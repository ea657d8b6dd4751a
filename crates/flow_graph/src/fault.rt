//! Why a flat program has no graph.

ghost use Rattle.std.specs.Prelude.{◌≡◌};

use std::alloc::{AllocError, AllocFailed};
use thiserror::Error;

/// Why a flat program has no graph.
#[derive(Debug, Clone, Copy, PartialEq, Eq, Drop, Error)]
pub enum GraphFault {
    /// The first element that depends on itself without a delay.
    #[error("delayless loop")]
    Loop(u32),
    /// Out of memory.
    #[error("no memory")]
    Memory,
}

impl<T: Drop> From<AllocFailed<T>> for GraphFault {
    ghost use Rattle.flow_graph.specs.declared.fault.GraphFault.TheVariants.{Memory};

    ghost from_gives = { λ _ fault. fault ≡ Memory };

    fn from(_: AllocFailed<T>) -> GraphFault {
        GraphFault::Memory
    }
}

impl From<AllocError> for GraphFault {
    ghost use Rattle.flow_graph.specs.declared.fault.GraphFault.TheVariants.{Memory};

    ghost from_gives = { λ _ fault. fault ≡ Memory };

    fn from(_: AllocError) -> GraphFault {
        GraphFault::Memory
    }
}
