//! The reservation table of overlapped samples, which callers see as the operations that it has.

ghost use Rattle.std.specs.Prelude.{◌≡◌, ◌+◌, ◌<◌, ◌≤◌, ◌*◌, ℕ, length, IfOk, OnErr};
ghost use Rattle.std.specs.List.{All};
ghost use Rattle.datapath.specs.Allowed.{IsDatapath};
ghost use Rattle.plan_core.specs.Hardware.{gap_on};
ghost use Rattle.bus_alloc.specs.Table.{none_placed, with_placed, HasPort, FitsAround, IsFirstFitAround, AreTransfersAround};

use crate::fresh::fresh_rows;
use crate::history::History;
use crate::rows::Rows;
use crate::table::TableFault;
use datapath::{Datapath, PortRef};
use plan_core::{Slot, Transfers};
use std::alloc::Global;
use std::marker::Model;
use std::snapshot::Snapshot;

/// The modulo reservation table of a schedule whose samples overlap: what an operation takes it takes in each period,
/// so the table has the cycles of one.
#[derive(Drop)]
pub struct ModuloTable {
    alloc: Global,
    rows: Rows,
    datapath: Snapshot<Datapath>,
    history: History,
}

impl Model for ModuloTable {
    ghost use Rattle.bus_alloc.specs.Table.{Reservations};

    ghost Value = { Reservations };

    ghost use Rattle.bus_alloc.specs.Private.History.{reservations};
    ghost use Rattle.bus_alloc.specs.Private.Stands.{AreRowsAround};

    ghost view = { λ table. reservations table.datapath.value table.history };

    ghost invariant = { λ table. AreRowsAround (reservations table.datapath.value table.history) table.rows };
}

impl ModuloTable {
    /// An empty table. The transfers that it gives are in memory of this allocator.
    pub fn new(alloc: Global, datapath: &Datapath) -> Result<ModuloTable, TableFault>
        requires { IsDatapath datapath.now }
        ensures { IfOk result (λ table. table ≡ none_placed datapath.now) }
    {
        Ok(ModuloTable {
            alloc,
            rows: fresh_rows(alloc, datapath)?,
            datapath: Snapshot::of(datapath),
            history: History::Empty,
        })
    }

    /// The first cycle from this one on at which an operation fits on the unit, with its result going to these ports:
    /// it ends before the given end, and in no period it meets another on the unit, in a register file or on all buses
    /// to a port. Looks at a period of cycles at most. Takes no memory.
    pub fn first_fit(&self, unit: u8, from: u16, end: u16, dests: &[PortRef]) -> Option<u16>
        requires unit { unit < length self.now.datapath.units }
        requires ports { All (HasPort self.now.datapath) dests.now }
        requires from { from ≤ 32768 }
        ensures { IsFirstFitAround end self.now unit from dests.now result }
    {
        let latency = self.rows.latency(unit);
        let first = (from + latency - 1) % self.rows.period;
        let away = match self.rows.first_open_around(unit, dests, first) {
            Some(away) => away,
            None => return None,
        };
        if from + away + latency <= end {
            Some(from + away)
        } else {
            None
        }
    }

    /// Takes the unit, the register files and the first free buses for an operation that fits, and gives its transfers
    /// to the ports.
    ///
    /// # Errors
    ///
    /// `Memory` where no memory is left for the transfers; the table stays as it was.
    pub fn take(&mut self, unit: u8, cycle: u16, dests: &[PortRef]) -> Result<Transfers, TableFault>
        requires unit { unit < length self.old.datapath.units }
        requires ports { All (HasPort self.old.datapath) dests.now }
        requires gap { gap_on self.old.datapath unit ≤ self.old.datapath.period }
        requires cycle { cycle ≤ 32768 }
        requires fits { (end : ℕ) × FitsAround end self.old unit cycle dests.now }
        ensures transfers { IfOk result (AreTransfersAround self.old unit cycle dests.now) }
        ensures taken { IfOk result (λ transfers. self.new ≡ with_placed self.old unit cycle transfers) }
        ensures unchanged { OnErr result (self.new ≡ self.old) }
    {
        let end = (cycle + self.rows.latency(unit) - 1) % self.rows.period;
        let transfers = self.rows.transfers(self.alloc, unit, end, dests)?;
        self.rows.reserve_around(unit, end, &transfers);
        let slot = Slot { cycle, transfers };
        self.history = History::Then {
            earlier: Snapshot::of(&self.history),
            unit,
            slot: Snapshot::of(&slot),
        };
        Ok(slot.transfers)
    }
}
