//! Sets of cycles of a sample.

ghost use Rattle.std.specs.Prelude.{◌≡◌, ◌≢◌, ◌<◌, ◌≤◌, ◌⊎◌, ◌*◌, ◌/◌, ℕ, length, min, slice_index, IsTrue, ◌↔◌};
ghost use Rattle.plan_core.specs.Stages.{IsGapAround};
ghost use Rattle.bus_alloc.specs.Sets.{mark};

/// A period has at most this many cycles.
pub const MOST_CYCLES: u16 = 4096;
/// How many cycles a word of a set has a bit for.
pub const WORD_CYCLES: u16 = 64;
/// How many words a set has.
const WORDS: usize = 64;

/// A set of cycles of a sample, with a bit for each.
#[derive(Clone, Copy)]
pub struct CycleSet {
    words: [u64; WORDS],
    ghost full: { length words ≡ 64 },
}

impl CycleSet {
    pub fn new() -> CycleSet
        ensures { (cycle : ℕ) → mark result.words cycle ≡ 0 }
    {
        CycleSet { words: [0; WORDS] }
    }

    /// The word with the bits of 64 cycles.
    pub fn word(&self, index: u16) -> u64
        requires { index < 64 }
        ensures { result ≡ slice_index self.now.words index }
    {
        self.words[index as usize]
    }

    /// The first word before the end in which a cycle, this one or a later one, is not in the set, or the end.
    pub fn first_gap(&self, from: u16, end: u16) -> u16
        requires { end ≤ 64 }
        ensures after { min (from / 64) end ≤ result }
        ensures full { (c : ℕ) → from ≤ c → c < 64 * result → mark self.now.words c ≡ 1 }
    {
        let mut passed = (1 << (from % WORD_CYCLES)) - 1;
        for index in from / WORD_CYCLES..end {
            if self.words[index as usize] | passed != u64::MAX {
                return index;
            }
            passed = 0;
        }
        end
    }

    pub fn contains(&self, cycle: u16) -> bool
        requires { cycle < 4096 }
        ensures { IsTrue result ↔ (mark self.now.words cycle ≡ 1) }
    {
        self.words[(cycle / WORD_CYCLES) as usize] & (1 << (cycle % WORD_CYCLES)) != 0
    }

    pub fn insert(&mut self, cycle: u16)
        requires { cycle < 4096 }
        ensures same { mark self.new.words cycle ≡ 1 }
        ensures others { (c : ℕ) → c ≢ cycle → mark self.new.words c ≡ mark self.old.words c }
    {
        self.words[(cycle / WORD_CYCLES) as usize] |= 1 << (cycle % WORD_CYCLES);
    }

    /// Inserts the cycles from the first on, up to the end.
    pub fn insert_all(&mut self, first: u16, end: u16)
        requires order { first ≤ end }
        requires end { end ≤ 4096 }
        ensures inside { (c : ℕ) → first ≤ c → c < end → mark self.new.words c ≡ 1 }
        ensures outside { (c : ℕ) → (c < first) ⊎ (end ≤ c) → mark self.new.words c ≡ mark self.old.words c }
    {
        for cycle in first..end {
            self.insert(cycle);
        }
    }

    /// Inserts the cycles of a period that are less than the gap from this one, on either side around the period.
    pub fn insert_around(&mut self, cycle: u16, gap: u16, period: u16)
        requires period { period ≤ 4096 }
        requires cycle { cycle < period }
        requires gap { gap ≤ period }
        ensures near { (c : ℕ) → c < period → ¬ IsGapAround period gap cycle c → mark self.new.words c ≡ 1 }
        ensures far { (c : ℕ) → c < period → IsGapAround period gap cycle c
            → mark self.new.words c ≡ mark self.old.words c }
    {
        for away in 0..gap {
            self.insert((cycle + away) % period);
            self.insert((cycle + period - away) % period);
        }
    }
}
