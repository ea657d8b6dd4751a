//! The numbers of nodes: each node is named by the place at which it is made, and the places are numbered in order.

ghost use Rattle.std.specs.Prelude.{◌≡◌, ◌+◌, ◌≤◌, ◌<◌, ◌^◌, length, map, IfOk, OnOk};
ghost use Rattle.signal_graph.specs.GraphOf.{constant};
ghost use Rattle.flow_graph.specs.Private.Sites.{view_made, view_site};
ghost use Rattle.flow_graph.specs.Private.Nodes.{Numbers as GivesNumber, AreNumbers};

use crate::sites::{Made, Site};
use crate::words::Words;
use lists::List;
use std::alloc::{AllocError, AllocFailed, Global};

/// The nodes so far: how many there are, and the numbers of the words among them.
#[derive(Drop)]
struct Numbering {
    words: Words,
    count: u32,
}

impl Numbering {
    /// The number of the node of a word, which is the next one where the word is new.
    fn number_word(&mut self, word: i64) -> Result<u32, AllocError>
        requires { self.old.count + 1 < 2 ^ 32 }
        ensures { IfOk result (GivesNumber self.old.words self.old.count (constant word)
            self.new.words self.new.count) }
    {
        if let Some(number) = self.words.get(word) {
            return Ok(number);
        }
        let number = self.count;
        self.words.add(word, number)?;
        self.count += 1;
        Ok(number)
    }

    /// The number of the node at a place. Where nothing is made it is that of the next node.
    fn number_place(&mut self, made: &Made) -> Result<u32, AllocError>
        requires { self.old.count + 1 < 2 ^ 32 }
        ensures { IfOk result (GivesNumber self.old.words self.old.count (view_made made.now)
            self.new.words self.new.count) }
    {
        match made {
            Made::Nothing => Ok(self.count),
            Made::Constant(word) => self.number_word(*word),
            Made::Input(_) | Made::Operation { .. } => {
                let number = self.count;
                self.count += 1;
                Ok(number)
            }
        }
    }
}

/// The numbers of the nodes of places and of words.
#[derive(Drop)]
pub(crate) struct Numbers {
    /// For each place the number of its node. Where nothing is made it is that of the next node.
    pub(crate) places: List<u32>,
    pub(crate) words: Words,
}

/// Numbers the nodes in the order of their places.
pub(crate) fn number_all(alloc: Global, sites: &[Site]) -> Result<Numbers, AllocError>
    requires { length sites.now + 1 < 2 ^ 32 }
    ensures { IfOk result (λ numbers. AreNumbers (map view_site sites.now) numbers.places numbers.words) }
{
    let mut numbering = Numbering {
        words: Words::new(alloc),
        count: 0,
    };
    let mut places = List::with_capacity(alloc, sites.len())?;
    for site in sites {
        let number = numbering.number_place(&site.made)?;
        places.push(number)?;
    }
    Ok(Numbers {
        places,
        words: numbering.words,
    })
}
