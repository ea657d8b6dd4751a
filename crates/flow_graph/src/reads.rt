//! What each element reads without a delay.

ghost use Rattle.std.specs.Prelude.{◌≡◌, ◌++◌, IfOk, OnOk};
ghost use Rattle.signal_graph.specs.Flat.{view, view_expr, view_body};
ghost use Rattle.signal_graph.specs.Expressions.{view_exprs};
ghost use Rattle.flow_graph.specs.Private.ReadsNow.{reads_now, parts_read_now, body_reads_now, read_lists};

use lists::List;
use signal_graph::{FlatBody, FlatExpr, FlatProgram};
use std::alloc::{AllocError, AllocFailed, Global};

/// Adds the elements that an expression reads without a delay. Inlined where the parts of an operation are gone
/// through, so that raw words and reads take no call.
#[cycle(expressions)]
#[inline(always)]
fn add_reads(reads: &mut List<u32>, value: &FlatExpr) -> Result<(), AllocError>
    ensures { OnOk result (reads.new ≡ reads.old ++ reads_now (view_expr value.now)) }
{
    match value {
        FlatExpr::Raw(_) => Ok(()),
        FlatExpr::Read { elem, delay } => {
            if *delay == 0 {
                reads.push(*elem)?;
            }
            Ok(())
        }
        FlatExpr::Node { parts, .. } => add_part_reads(reads, parts),
    }
}

/// Adds the elements that the parts of an operation read without a delay.
#[cycle(expressions)]
#[inline(never)]
fn add_part_reads(reads: &mut List<u32>, parts: &[FlatExpr]) -> Result<(), AllocError>
    ensures { OnOk result (reads.new ≡ reads.old ++ parts_read_now (view_exprs parts.now)) }
{
    for part in parts {
        add_reads(reads, part)?;
    }
    Ok(())
}

/// The elements that a body reads without a delay.
fn reads_of_body(alloc: Global, body: &FlatBody) -> Result<List<u32>, AllocError>
    ensures { IfOk result (λ reads. reads ≡ body_reads_now (view_body body.now)) }
{
    let mut reads = List::new(alloc);
    if let FlatBody::Value(value) = body {
        add_reads(&mut reads, value)?;
    }
    Ok(reads)
}

/// For each element the elements that it reads without a delay.
pub(crate) fn reads_of_all(alloc: Global, flat: &FlatProgram) -> Result<List<List<u32>>, AllocError>
    ensures { IfOk result (λ lists. lists ≡ read_lists (view flat.now)) }
{
    let mut lists = List::with_capacity(alloc, flat.elems.len())?;
    for element in flat.elems.as_slice() {
        let reads = reads_of_body(alloc, &element.body)?;
        lists.push(reads)?;
    }
    Ok(lists)
}
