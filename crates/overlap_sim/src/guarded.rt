//! Guarded images: the microwords of samples that overlap.

use lists::List;
use micro_image::{Enable, Issue, Take, UnitDesc};

/// A part of a microword, and the stage of its sample in which it stands. A machine obeys it from the sample of that
/// number on: in the samples before, the one that it would speak of has not begun.
#[derive(Drop)]
pub struct Staged<T> {
    pub part: T,
    pub stage: u8,
}

/// A microword of which each part has a stage.
#[derive(Drop)]
pub struct GuardedWord {
    pub issues: List<Staged<Issue>>,
    pub enables: List<Staged<Enable>>,
    pub takes: List<Staged<Take>>,
}

/// A microprogram of samples that overlap, with the hardware that it is for: an image, but for the stages.
#[derive(Drop)]
pub struct Guarded {
    /// Cycles in a sample.
    pub period: u16,
    /// Samples until the words repeat.
    pub unroll: u8,
    /// The width of each input word in bits, 0 for a truth value.
    pub inputs: List<u8>,
    /// How many output words there are.
    pub outs: u8,
    pub units: List<UnitDesc>,
    /// How many buses there are.
    pub buses: u8,
    /// The words of `unroll` samples, `period` for each.
    pub words: List<GuardedWord>,
}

........

What the task requires
Scan the lines above for "CycleSet", then copy every one that has it.

Result of this task
pub struct CycleSet {
impl CycleSet {
    pub fn new() -> CycleSet
        CycleSet { words: [0; WORDS] }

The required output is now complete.